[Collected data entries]

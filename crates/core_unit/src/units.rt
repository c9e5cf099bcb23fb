//! The typed unit.

ghost use Rattle.std.specs.Prelude.{◌≡◌, ◌<◌, ◌≤◌, ◌-◌, length, slice_get, Some, IfOk, IfSome};
ghost use Rattle.core_unit.specs.Units.{IsUnit};
ghost use Rattle.core_unit.specs.Units as spec;

use crate::memory;
use crate::rows::library;
use crate::tables::{
    FIRST_ROW, FunctionInfo, SiteInfo, StructInfo, UnitParts, VariableInfo, WordList,
};
use sqlite_items::Items;
use std::alloc::{AllocError, Global};
use std::marker::Model;

/// A quantity of a unit that is limited.
#[derive(Clone, Copy)]
pub enum Which {
    Functions,
    Parameters,
    CallSites,
    StaticWords,
    ThreadWords,
    FrameWords,
}

/// A typed unit: its parts, of which what is always true of a unit holds.
#[derive(Drop)]
pub struct Unit {
    parts: UnitParts,
}

impl Model for Unit {
    ghost use Rattle.core_unit.specs.Units.{IsUnit};
    ghost use Rattle.core_unit.specs.declared.tables.UnitParts.{UnitParts};
    ghost use Rattle.core_unit.specs.contracts.tables.UnitParts as tables;

    ghost Value = { UnitParts };

    ghost coded = { tables.the_row.coded };

    ghost view = { λ u. u.parts };

    ghost invariant = { λ u. IsUnit u.parts };
}

impl Unit {
    /// The unit of these parts.
    pub fn new(parts: UnitParts) -> Unit
        requires { IsUnit parts }
        ensures { result ≡ parts }
    {
        Unit { parts }
    }

    /// The parts, and what is always true of them.
    pub fn parts(&self) -> &UnitParts
        ensures parts { result.now ≡ self.now }
        ensures lawful { IsUnit self.now }
    {
        &self.parts
    }

    /// How many functions the unit declares, at most 4,096.
    pub fn functions(&self) -> u32
        ensures count { result ≡ length self.now.functions }
        ensures few { result ≤ 4096 }
    {
        self.parts.functions.len() as u32
    }

    /// The function of this number, which counts from 0 in order of first declaration.
    pub fn function(&self, id: u32) -> &FunctionInfo
        requires { id < length self.now.functions }
        ensures { slice_get self.now.functions id ≡ Some result.now }
    {
        &self.parts.functions.as_slice()[id as usize]
    }

    /// Whether a declaration of the function says `static`.
    pub fn internal(&self, function: u32) -> bool
        requires { function < length self.now.functions }
        ensures { IfSome (slice_get self.now.functions function) (λ f. result ≡ f.internal) }
    {
        self.function(function).internal
    }

    /// How many call sites the unit has, fewer than 2^20.
    pub fn sites(&self) -> u32
        ensures count { result ≡ length self.now.sites }
        ensures few { result < 1048576 }
    {
        self.parts.sites.len() as u32
    }

    /// The call site of this number, which counts from 1, definition after definition: within one in order of place, the
    /// inner call first at one place.
    pub fn site(&self, id: u32) -> &SiteInfo
        requires from_one { 1 ≤ id }
        requires known { id ≤ length self.now.sites }
        ensures { slice_get self.now.sites (id - 1) ≡ Some result.now }
    {
        &self.parts.sites.as_slice()[id as usize - 1]
    }

    /// How many variables of file scope the unit declares.
    pub fn variables(&self) -> u32
        ensures { result ≡ length self.now.variables }
    {
        self.parts.variables.len() as u32
    }

    /// The variable of this number, which counts from 0 in order of first declaration.
    pub fn variable(&self, id: u32) -> &VariableInfo
        requires { id < length self.now.variables }
        ensures { slice_get self.now.variables id ≡ Some result.now }
    {
        &self.parts.variables.as_slice()[id as usize]
    }

    /// How many structures the unit names.
    pub fn structures(&self) -> u32
        ensures { result ≡ length self.now.structures }
    {
        self.parts.structures.len() as u32
    }

    /// The structure of this number, which counts from 0 in order of first appearance.
    pub fn structure(&self, id: u32) -> &StructInfo
        requires { id < length self.now.structures }
        ensures { slice_get self.now.structures id ≡ Some result.now }
    {
        &self.parts.structures.as_slice()[id as usize]
    }

    /// The name of a target: of a function of the unit, or of a library row.
    pub fn target_name(&self, target: u32) -> &str
        requires { spec.IsTarget self.now target }
        ensures { spec.target_name self.now target ≡ Some result.now }
    {
        if target < FIRST_ROW {
            self.function(target).name.as_str()
        } else {
            library()[(target - FIRST_ROW) as usize].name
        }
    }

    /// How many words the objects of static storage have, from address 1 on.
    pub fn static_words(&self) -> u32
        ensures count { result ≡ length self.now.static_words }
        ensures few { result ≤ 524288 }
    {
        self.parts.static_words.len() as u32
    }

    /// What the words of memory hold at first, all 1,048,768 of them. The one error is that no memory is left.
    pub fn opening(&self, alloc: Global) -> Result<WordList, AllocError>
        ensures { IfOk result (λ words. words ≡ spec.opening self.now) }
    {
        let statics = self.parts.static_words.as_slice();
        let words = memory::opening(alloc, statics, self.parts.thread_words.as_slice())?;
        Ok(Items::from_vec(words))
    }
}
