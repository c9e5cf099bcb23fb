//! Declarators (C17 6.7.6) and abstract ones (6.7.7).

ghost use Rattle.std.specs.Prelude.{◌≡◌, ◌+◌, ◌*◌, ◌<◌, ◌≤◌, ◌-◌, IfOk};
ghost use Rattle.c_grammar.specs.Rules.{Declarator as NamedDeclarator, Direct};
ghost use Rattle.c_grammar.specs.Declarators.{direct_start, direct_step, array_rest};
ghost use Rattle.c_grammar.specs.Lexemes.{place};
ghost use Rattle.parse_input.specs.Input.{head, behind};
ghost use Rattle.parse_input.specs.Reads.{named, reads, joined, Says};
ghost use Rattle.parse_parameters.specs.Nested.{Nested};
ghost use Rattle.parse_declared.specs.Starts.{function_parts, params_parts};

use crate::parser::Declarators;
use c_grammar::{Bracket, DeclaratorKind, Terminal};
use c_tree::{Expr, Member};
use parse_declared::{
    Declared, ParameterList, begins_array, begins_name, begins_params, begins_step, function_rest,
    may_lack, opened_at,
};
use parse_input::{Input, Limits, Read, Refusal};
use sqlite_items::{Boxed, Items};
use std::alloc::Global;

impl<
    'a,
    C: Fn(Global, Limits, &mut Input<'a>) -> Result<Read<Boxed<Expr>>, Refusal>,
    D: Fn(
        Global,
        Limits,
        DeclaratorKind,
        Bracket,
        &mut Input<'a>,
    ) -> Result<Read<Declared<'a>>, Refusal>,
    M: Fn(Global, Limits, &mut Input<'a>) -> Result<Read<Items<Member>>, Refusal>,
> Declarators<C, D, M> {
    /// A declarator.
    #[tactic(auto, using(crate::proofs::Directs::declarator_rule))]
    pub fn declarator(
        &self,
        limits: Limits,
        kind: DeclaratorKind,
        bracket: Bracket,
        input: &mut Input<'a>,
    ) -> Result<Read<Declared<'a>>, Refusal>
        requires nested { Nested (2 * (limits.opens + limits.room)) (C.pre self.now.rules.specifiers.conditional) (C.post self.now.rules.specifiers.conditional) (D.pre self.now.rules.declarator) (D.post self.now.rules.declarator) (M.pre self.now.rules.specifiers.members) (M.post self.now.rules.specifiers.members) }
        ensures reads { Says (named limits.room (NamedDeclarator input.old.scope kind bracket) input.old.tokens) result input.new.tokens }
        ensures kept { IfOk result (λ read. input.new.scope ≡ input.old.scope) }
    {
        if opened_at(bracket).is_none() && input.is(Terminal::Star) {
            return self.pointer(limits, kind, input);
        }
        let read = self.direct(limits, kind, bracket, input)?;
        if read.value.bracket().is_some() {
            return Err(Refusal::Refused(false));
        }
        Ok(read)
    }

    /// A declarator that is no pointer.
    #[tactic(auto, using(crate::proofs::Directs::direct_begins, crate::proofs::Directs::loop_stops))]
    pub fn direct(
        &self,
        limits: Limits,
        kind: DeclaratorKind,
        bracket: Bracket,
        input: &mut Input<'a>,
    ) -> Result<Read<Declared<'a>>, Refusal>
        requires nested { Nested (2 * (limits.opens + limits.room)) (C.pre self.now.rules.specifiers.conditional) (C.post self.now.rules.specifiers.conditional) (D.pre self.now.rules.declarator) (D.post self.now.rules.declarator) (M.pre self.now.rules.specifiers.members) (M.post self.now.rules.specifiers.members) }
        ensures reads { Says (named limits.room (Direct input.old.scope kind bracket) input.old.tokens) result input.new.tokens }
        ensures kept { IfOk result (λ read. input.new.scope ≡ input.old.scope) }
    {
        let mut left = self.direct_start(limits, kind, bracket, input)?;
        'each: loop {
            if !begins_step(kind, bracket, &left.value, input) {
                break;
            }
            if left.depth >= limits.room {
                return Err(Refusal::Refused(true));
            }
            left = self.direct_step(limits, kind, bracket, left, input)?;
        }
        Ok(left)
    }

    /// What stands at the front of a declarator.
    #[tactic(auto, using(crate::proofs::Directs::start_opened, crate::proofs::Directs::start_rule))]
    fn direct_start(
        &self,
        limits: Limits,
        kind: DeclaratorKind,
        bracket: Bracket,
        input: &mut Input<'a>,
    ) -> Result<Read<Declared<'a>>, Refusal>
        requires nested { Nested (2 * (limits.opens + limits.room)) (C.pre self.now.rules.specifiers.conditional) (C.post self.now.rules.specifiers.conditional) (D.pre self.now.rules.declarator) (D.post self.now.rules.declarator) (M.pre self.now.rules.specifiers.members) (M.post self.now.rules.specifiers.members) }
        ensures reads { Says (reads (named limits.room) (direct_start input.old.scope kind bracket) input.old.tokens) result input.new.tokens }
        ensures kept { IfOk result (λ read. input.new.scope ≡ input.old.scope) }
    {
        if let Some(place) = opened_at(bracket) {
            return Ok(Read {
                value: Declared::absent(self.rules.specifiers.alloc, Some(place))?,
                depth: 0,
            });
        }
        if begins_name(kind, bracket, input) {
            let name = input.take();
            return Ok(Read {
                value: Declared::named(self.rules.specifiers.alloc, &name)?,
                depth: 0,
            });
        }
        if may_lack(kind, bracket) && !input.is(Terminal::OpenParen) {
            return Ok(Read {
                value: Declared::absent(self.rules.specifiers.alloc, None)?,
                depth: 0,
            });
        }
        self.group(limits, kind, input)
    }

    /// One array or one function, behind what was read.
    #[tactic(auto, using(crate::proofs::Directs::step_opened, crate::proofs::Directs::step_rule))]
    fn direct_step(
        &self,
        limits: Limits,
        kind: DeclaratorKind,
        bracket: Bracket,
        left: Read<Declared<'a>>,
        input: &mut Input<'a>,
    ) -> Result<Read<Declared<'a>>, Refusal>
        requires nested { Nested (2 * (limits.opens + limits.room)) (C.pre self.now.rules.specifiers.conditional) (C.post self.now.rules.specifiers.conditional) (D.pre self.now.rules.declarator) (D.post self.now.rules.declarator) (M.pre self.now.rules.specifiers.members) (M.post self.now.rules.specifiers.members) }
        requires room { left.depth < limits.room }
        ensures reads { Says (joined left.entry.depth (reads (named (limits.room - 1)) (direct_step input.old.scope kind bracket left.entry.value.bracket left.entry.value) input.old.tokens)) result input.new.tokens }
        ensures kept { IfOk result (λ read. input.new.scope ≡ input.old.scope) }
    {
        if let Some(place) = left.value.bracket() {
            return self.array_rest(limits, left, place, input);
        }
        let reach = left.value.reach();
        if begins_array(reach, bracket, input) {
            let opened = input.take();
            return self.array_rest(limits, left, opened.place(), input);
        }
        if !begins_params(kind, reach, input) {
            return Err(Refusal::Refused(false));
        }
        self.params_rest(limits, left, input)
    }

    /// A parameter list, whose `(` is the next token.
    #[tactic(auto, using(parse_parameters::proofs::Nesting::node_nests, parse_input::proofs::Steps::within))]
    fn params_rest(
        &self,
        limits: Limits,
        left: Read<Declared<'a>>,
        input: &mut Input<'a>,
    ) -> Result<Read<Declared<'a>>, Refusal>
        requires nested { Nested (2 * (limits.opens + limits.room)) (C.pre self.now.rules.specifiers.conditional) (C.post self.now.rules.specifiers.conditional) (D.pre self.now.rules.declarator) (D.post self.now.rules.declarator) (M.pre self.now.rules.specifiers.members) (M.post self.now.rules.specifiers.members) }
        requires room { left.depth < limits.room }
        ensures reads { Says (joined left.entry.depth (reads (named (limits.room - 1)) (params_parts input.old.scope left.entry.value (place (head input.old.tokens))) (behind input.old.tokens))) result input.new.tokens }
        ensures kept { IfOk result (λ read. input.new.scope ≡ input.old.scope) }
    {
        let opened = input.take();
        let inside = limits.inside();
        let given = self.rules.params(inside, input)?;
        let before = left.depth;
        let inner = given.depth;
        let room = limits.room - 1;
        let depth = before.max(inner);
        let rest = function_rest(
            self.rules.specifiers.alloc,
            room,
            left.value,
            opened.place(),
            given.value,
            input,
        )?;
        Ok(Read {
            value: rest.value,
            depth: depth.max(rest.depth) + 1,
        })
    }

    /// What stands behind the `[` of an array.
    #[tactic(auto, using(parse_input::proofs::Steps::within))]
    fn array_rest(
        &self,
        limits: Limits,
        left: Read<Declared<'a>>,
        place: u32,
        input: &mut Input<'a>,
    ) -> Result<Read<Declared<'a>>, Refusal>
        requires nested { Nested (2 * (limits.opens + limits.room)) (C.pre self.now.rules.specifiers.conditional) (C.post self.now.rules.specifiers.conditional) (D.pre self.now.rules.declarator) (D.post self.now.rules.declarator) (M.pre self.now.rules.specifiers.members) (M.post self.now.rules.specifiers.members) }
        requires room { left.depth < limits.room }
        ensures reads { Says (joined left.entry.depth (reads (named (limits.room - 1)) (array_rest left.entry.value input.old.scope place) input.old.tokens)) result input.new.tokens }
        ensures kept { IfOk result (λ read. input.new.scope ≡ input.old.scope) }
    {
        if input.is(Terminal::CloseBracket) {
            let _closed = input.take();
            return Ok(Read {
                depth: left.depth + 1,
                value: Declared::array_of(self.rules.specifiers.alloc, left.value, place, None)?,
            });
        }
        let size = self.rules.conditional_inside(limits, input)?;
        if !input.is(Terminal::CloseBracket) {
            return Err(Refusal::Refused(false));
        }
        let _closed = input.take();
        let depth = left.depth.max(size.depth) + 1;
        let written = Some(size.value);
        Ok(Read {
            value: Declared::array_of(self.rules.specifiers.alloc, left.value, place, written)?,
            depth,
        })
    }
}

Task directions
With "inner" as the string to match, show every line of the entries above that has it.

Task response
    /// inner call first at one place.
        let inner = given.depth;
        let depth = before.max(inner);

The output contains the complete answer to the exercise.